Now I have a *.xml file as datasource and tried according my habit pattern.
So i tried:
<form action="/input" method="POST" enctype="multipart/form-data">
<input type="file" name="file">
<input type="submit" name="Preview" value ="Preview Data" > </input>
from flask import Flask, render_template,request, render_template
import pandas as pd
import xml.etree.ElementTree as ET
@app.route("/input", methods=['POST', 'GET'])
def input():
if request.method == 'POST':
if request.form['Preview'] == "Preview Data":
file = request.files['file']
filename = file.filename
if '.xml' in filename:
content = pd.read_xml(file, parser='lxml')

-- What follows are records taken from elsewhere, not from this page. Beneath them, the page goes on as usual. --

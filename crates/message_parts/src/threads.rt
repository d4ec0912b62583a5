//! The body that answers `threads`: which threads there are.
ghost use Rattle.std.specs.Prelude.{OnOk};
ghost use Rattle.message_parts.specs.Threads.{threads_body};
ghost use Rattle.message_parts.specs.Written.{IsWritten};

use crate::member;
use crate::members::{ID, NAME, THREADS};
use json::Writer;
use std::alloc::AllocError;

/// Writes the one thread of the machine (`Thread`), which is its hart. It fails where no memory is left,
/// and then the writer is of no more use.
pub fn body(out: &mut Writer) -> Result<(), AllocError>
    ensures { OnOk result (IsWritten out.old out.new threads_body) }
{
    out.begin_object()?;
    out.key(THREADS)?;
    out.begin_array()?;
    out.begin_object()?;
    member::number(out, ID, 1)?;
    member::text(out, NAME, "hart 0")?;
    out.end_object()?;
    out.end_array()?;
    out.end_object()
}
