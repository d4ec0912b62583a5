//! Breakpoints, by the numbers that they have here.

use crate::console::Console;
use crate::page::Part;
use crate::piece::Listed;
use prompt::{Place, Stop, Text as Typed};
use protocol::Text;
use replies::Stopped;
use std::alloc::{AllocError, Global};

/// Where a breakpoint is.
#[derive(Drop)]
pub(crate) enum At {
    Line(u32),
    Label(String),
    Address(u32),
}

/// A breakpoint that was asked for.
#[derive(Drop)]
pub(crate) struct Breakpoint {
    /// Its number here.
    pub(crate) number: u32,
    pub(crate) at: At,
    /// Its condition, as it was typed.
    pub(crate) condition: Option<String>,
    pub(crate) hits: Option<u32>,
    /// What it says instead of stopping.
    pub(crate) message: Option<String>,
    pub(crate) is_temporary: bool,
    /// Its number in the session; 0 where it has none.
    pub(crate) id: u32,
    /// Why it has none.
    pub(crate) why: Option<String>,
}

impl Breakpoint {
    /// The list of the session in which it is.
    pub(crate) fn list(&self) -> Listed {
        match self.at {
            At::Line(_) => Listed::Source,
            At::Label(_) => Listed::Functions,
            At::Address(_) => Listed::Instructions,
        }
    }
}

impl Console {
    /// Sets a breakpoint, or says why it can't be set.
    pub(crate) fn set_breakpoint(&mut self, stop: &Stop<'_>) -> Result<(), AllocError> {
        let Some(at) = self.at_place(&stop.place)? else {
            return Ok(());
        };
        let condition = owned(self.alloc, stop.condition.as_ref())?;
        self.add(Breakpoint {
            number: self.last_breakpoint.saturating_add(1),
            at,
            condition,
            hits: stop.hits,
            message: None,
            is_temporary: stop.is_temporary,
            id: 0,
            why: None,
        })
    }

    /// Sets a logpoint: at a line, or at a label or an address where a line's code lies.
    pub(crate) fn set_logpoint(
        &mut self,
        place: &Place<'_>,
        text: &Typed<'_>,
    ) -> Result<(), AllocError> {
        let Some(line) = self.line_of(place)? else {
            return Ok(());
        };
        let message = String::from_str(self.alloc, text.as_str())?;
        self.add(Breakpoint {
            number: self.last_breakpoint.saturating_add(1),
            at: At::Line(line),
            condition: None,
            hits: None,
            message: Some(message),
            is_temporary: false,
            id: 0,
            why: None,
        })
    }

    fn at_place(&mut self, place: &Place<'_>) -> Result<Option<At>, AllocError> {
        match place {
            Place::Line(line) => Ok(Some(At::Line(*line))),
            Place::Label(label) => self.at_label(label.as_str()),
            Place::Address(text) => match self.value_of(text.as_str())? {
                Some(address) => Ok(Some(At::Address(address))),
                None => Ok(None),
            },
        }
    }

    fn at_label(&mut self, label: &str) -> Result<Option<At>, AllocError> {
        match self.address_of_label(label)? {
            Some(_) => Ok(Some(At::Label(String::from_str(self.alloc, label)?))),
            None => Ok(None),
        }
    }

    // A breakpoint after the others; if it can't be set, it goes, and why is said.
    fn add(&mut self, breakpoint: Breakpoint) -> Result<(), AllocError> {
        let (number, list) = (breakpoint.number, breakpoint.list());
        self.breakpoints.push(breakpoint)?;
        if !self.set_list(list)? {
            drop(self.breakpoints.pop());
            return Ok(());
        }
        if self.keep_set(list)? {
            self.last_breakpoint = number;
            self.show_set(number, list)?;
        }
        Ok(())
    }

    // The breakpoints that are not set go, and why is said of each. Whether all are set is told.
    fn keep_set(&mut self, list: Listed) -> Result<bool, AllocError> {
        let mut are_all = true;
        for _ in 0..self.breakpoints.len() {
            let Some(breakpoint) = taken_unset(&mut self.breakpoints) else {
                break;
            };
            self.refuse_unset(&breakpoint)?;
            are_all = false;
        }
        if !are_all {
            self.set_list(list)?;
        }
        Ok(are_all)
    }

    fn refuse_unset(&mut self, breakpoint: &Breakpoint) -> Result<(), AllocError> {
        let (alloc, number) = (self.alloc, breakpoint.number);
        let why = match &breakpoint.why {
            Some(why) => why.as_str(),
            None => "it cannot be set",
        };
        let words = format!(in alloc; "breakpoint {number}: {why}")?;
        self.refuse(words.as_str())
    }

    // Shows a breakpoint that was set.
    fn show_set(&mut self, number: u32, list: Listed) -> Result<(), AllocError> {
        let alloc = self.alloc;
        let words = format!(in alloc; "breakpoint {number} at ")?;
        self.say(words.as_str())?;
        let index = self.index_of(number, list);
        self.page.put(Part::Break(list, index))?;
        self.say("\n")
    }

    // The index that a breakpoint has in its list.
    fn index_of(&self, number: u32, list: Listed) -> usize {
        let mut index: usize = 0;
        for breakpoint in self.breakpoints.as_slice() {
            if breakpoint.number == number {
                break;
            }
            if breakpoint.list() == list {
                index = index.saturating_add(1);
            }
        }
        index
    }

    /// The number that a breakpoint of the session has here; 0 where it is none of those that were asked for.
    pub(crate) fn number_of(&self, id: u32) -> u32 {
        for breakpoint in self.breakpoints.as_slice() {
            if breakpoint.id == id {
                return breakpoint.number;
            }
        }
        0
    }

    /// Whether a breakpoint lies at a line.
    pub(crate) fn has_breakpoint(&self, line: u32) -> bool {
        for breakpoint in self.breakpoints.as_slice() {
            if self.line_at(&breakpoint.at) == Some(line) {
                return true;
            }
        }
        false
    }

    // The line at which a breakpoint lies.
    fn line_at(&self, at: &At) -> Option<u32> {
        let lines = self.lines()?;
        match at {
            At::Line(line) => {
                let (line, _) = lines.bind(*line)?;
                Some(line)
            }
            At::Label(label) => lines.line_of(lines.label_address(label.as_str())?),
            At::Address(address) => lines.line_of(*address),
        }
    }

    /// Sets all breakpoints once more, in a program that was launched: its session has none yet.
    pub(crate) fn set_again(&mut self) -> Result<(), AllocError> {
        self.set_list_again(Listed::Source)?;
        self.set_list_again(Listed::Functions)?;
        self.set_list_again(Listed::Instructions)
    }

    fn set_list_again(&mut self, list: Listed) -> Result<(), AllocError> {
        if self.has_some(list) && self.set_list(list)? {
            self.keep_set(list)?;
        }
        Ok(())
    }

    // Whether a list has a breakpoint.
    fn has_some(&self, list: Listed) -> bool {
        for breakpoint in self.breakpoints.as_slice() {
            if breakpoint.list() == list {
                return true;
            }
        }
        false
    }

    /// Deletes the breakpoint of a number, or all.
    pub(crate) fn delete(&mut self, number: Option<u32>) -> Result<(), AllocError> {
        let Some(number) = number else {
            return self.delete_all();
        };
        match taken(&mut self.breakpoints, number) {
            Some(breakpoint) => self.unset(&breakpoint),
            None => self.refuse_number("breakpoint", number),
        }
    }

    fn delete_all(&mut self) -> Result<(), AllocError> {
        self.breakpoints.clear();
        self.set_list(Listed::Source)?;
        self.set_list(Listed::Functions)?;
        self.set_list(Listed::Instructions)?;
        Ok(())
    }

    // A breakpoint was taken from the list: the session is told of the others.
    fn unset(&mut self, breakpoint: &Breakpoint) -> Result<(), AllocError> {
        self.set_list(breakpoint.list())?;
        Ok(())
    }

    /// Says that nothing has this number.
    pub(crate) fn refuse_number(&mut self, what: &str, number: u32) -> Result<(), AllocError> {
        let alloc = self.alloc;
        let words = format!(in alloc; "there is no {what} {number}")?;
        self.refuse(words.as_str())
    }

    /// Deletes the temporary breakpoints that were met by a stop.
    pub(crate) fn delete_met(&mut self, stop: &Stopped) -> Result<(), AllocError> {
        for id in stop.hit_breakpoint_ids.as_slice() {
            if let Some(breakpoint) = taken_met(&mut self.breakpoints, *id) {
                self.unset(&breakpoint)?;
            }
        }
        Ok(())
    }

    /// Shows the breakpoints.
    pub(crate) fn show_breakpoints(&mut self) -> Result<(), AllocError> {
        if self.breakpoints.is_empty() {
            return self.say("no breakpoints\n");
        }
        for index in 0..self.breakpoints.len() {
            self.show_breakpoint(index)?;
        }
        Ok(())
    }

    fn show_breakpoint(&mut self, index: usize) -> Result<(), AllocError> {
        let Some(breakpoint) = self.breakpoints.get(index) else {
            return Ok(());
        };
        let alloc = self.alloc;
        let (number, list) = (breakpoint.number, breakpoint.list());
        let before = format!(in alloc; "{number:>4}  ")?;
        let after = described(alloc, breakpoint)?;
        let place = self.index_of(number, list);
        self.say(before.as_str())?;
        self.page.put(Part::Break(list, place))?;
        self.say(after.as_str())
    }
}

/// A copy of a text.
pub(crate) fn text_of(alloc: Global, text: &str) -> Result<Text, AllocError> {
    Ok(Text::from_string(String::from_str(alloc, text)?))
}

fn owned(alloc: Global, text: Option<&Typed<'_>>) -> Result<Option<String>, AllocError> {
    match text {
        Some(text) => Ok(Some(String::from_str(alloc, text.as_str())?)),
        None => Ok(None),
    }
}

// The first that is not set, which is taken out.
fn taken_unset(breakpoints: &mut Vec<Breakpoint>) -> Option<Breakpoint> {
    let index = breakpoints
        .iter()
        .position(|breakpoint| breakpoint.why.is_some())?;
    Some(breakpoints.remove(index))
}

// That of a number, which is taken out.
fn taken(breakpoints: &mut Vec<Breakpoint>, number: u32) -> Option<Breakpoint> {
    let index = breakpoints
        .iter()
        .position(|breakpoint| breakpoint.number == number)?;
    Some(breakpoints.remove(index))
}

// The temporary one that the session calls by this number, which is taken out.
fn taken_met(breakpoints: &mut Vec<Breakpoint>, id: u32) -> Option<Breakpoint> {
    let index = breakpoints.iter().position(|breakpoint| breakpoint.is_temporary
        && breakpoint.id == id)?;
    Some(breakpoints.remove(index))
}

// What is said of a breakpoint after its address.
fn described(alloc: Global, breakpoint: &Breakpoint) -> Result<String, AllocError> {
    let mut words = match &breakpoint.at {
        At::Line(line) => format!(in alloc; "  line {line}")?,
        At::Label(label) => format!(in alloc; "  {label}")?,
        At::Address(_) => String::new(alloc),
    };
    if let Some(condition) = &breakpoint.condition {
        words.push_str("  if ")?;
        words.push_str(condition.as_str())?;
    }
    if let Some(hits) = breakpoint.hits {
        words.push_str("  hit ")?;
        let hits = hits.to_string(alloc)?;
        words.push_str(hits.as_str())?;
    }
    if let Some(message) = &breakpoint.message {
        words.push_str("  says ")?;
        words.push_str(message.as_str())?;
    }
    if breakpoint.is_temporary {
        words.push_str("  once")?;
    }
    words.push('\n')?;
    Ok(words)
}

But when I pass a .xml file to the app via the form. I get the error:
File "C:\ProgramData\MiniforgeEnvs\TestEnv\lib\site-packages\pandas\io\xml.py", line 627, in _parse_doc
with preprocess_data(handle_data) as xml_data:
AttributeError: __enter__
I tried check different options:
- when I use the inbuild xml.etree package it works fine:
import xml.etree.ElementTree as ET
if '.xml' in filename:
tree = ET.parse(file)
root = tree.getroot()
print(root[1][0][1].attrib)
- when I load the .xml direct from the app directory into pd.read_xml() it also works fine:
if '.xml' in filename:
content = pd.read_xml('SampleExport.xml', parser='lxml')
- I tried different prasers: "lxml" and "etree"
But at the end when I pass the .xml via the Form/input and using pd.read_xml(file,parser='lxml') I got the error from above.
CodePudding user response:
I just solved my issue even though I'm not quite sure why pd.read_xml() behaves different compared to pd.read_csv() or pd.read_xlsx().
pd.read_xml is not able to read a FileStorage object. The variable passed by request.file[] is a instance of the class: werkzeug.datastructures.FileStorage(stream=None, filename=None, name=None, content_type=None, content_length=None, headers=None).
Via the read function I extracted the file itsself.
filestorage = request.files['file']
file=filestorage.read()
with this passed to pd.read_xml it works fine.
Is there anybody who can explain why _parse_doc() funtion of pd.read_xml() is not able to read FileStotage type?